Data for the task.
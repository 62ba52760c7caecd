// What the kernel runs.

use crate::instr::{Cell, Instr, Kind};

/// The code of a procedure, and how many operands it has at most.
#[derive(Drop)]
pub struct Body {
    pub code: Vec<Instr>,
    pub depth: u32,
}

/// What a parameter takes in a frame.
#[derive(Clone, Copy)]
pub enum ParamKind {
    /// A value of one cell, of this kind.
    Scalar(Kind),
    /// A record or an array by value, of so many cells.
    Whole(u32),
    /// The place of a variable.
    Place,
    /// The place of an open array, and its lengths: how many dimensions are open, whether it is passed by value, and how many
    /// cells an element has.
    Open(u32, bool, u32),
}

/// What is known of a procedure.
#[derive(Drop)]
pub struct ProcShape {
    /// The number of the module in which it stands, in load order from 0.
    pub module: u32,
    pub params: Vec<ParamKind>,
    /// How many cells its parameters and locals have.
    pub cells: u32,
    /// How many of them count as scalars of a frame.
    pub counted: u32,
    /// How many cells more a frame keeps values in that its statements are to use later.
    pub keeps: u32,
    /// The kind of what a function gives.
    pub result: Option<Kind>,
    /// It is called on an object, or is an object's body.
    pub method: bool,
    /// The kinds of its cells, in their order.
    pub kinds: Vec<Kind>,
}

/// A module: its name, what its cells hold at first, and the number of the procedure that is its body, 0 for none.
#[derive(Drop)]
pub struct ModuleDesc {
    pub name: String,
    pub cells: Vec<Cell>,
    pub body: u32,
}

/// A type of objects.
#[derive(Drop)]
pub struct TypeDesc {
    /// The number of the type that it extends, 0 for none.
    pub base: u32,
    /// How many cells an object has; of an open array, one element.
    pub cells: u32,
    /// The kinds of an object's cells, in their order; of an open array those of one element.
    pub kinds: Vec<Kind>,
    /// The numbers of the procedures that are its methods, by their slots.
    pub methods: Vec<u32>,
    /// The number of the procedure that is its objects' initializer, 0 for none.
    pub init: u32,
    /// The number of the procedure that is its objects' body, 0 for none.
    pub body: u32,
    /// Whether an activity of each object's own carries out that body; else its creator does.
    pub active: bool,
    /// The priority of such activities: 1, 2 or 3.
    pub priority: u8,
    /// Whether they begin anew after a trap.
    pub safe: bool,
}

/// A program in code. Procedures are numbered from 1, and procedure p has shape and body p - 1; so are types. The
/// number 0 names no procedure and no type: a module or type whose body is 0 has nothing to run. Conditions are numbered
/// from 0; one that is awaited is evaluated over the frame that awaits it.
#[derive(Drop)]
pub struct Image {
    pub modules: Vec<ModuleDesc>,
    pub types: Vec<TypeDesc>,
    pub shapes: Vec<ProcShape>,
    pub bodies: Vec<Body>,
    pub conds: Vec<Body>,
}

Prompt. Over the whole listing above, give the number of lines in which "bool" occurs, and no other words.

Result of the exercise. 4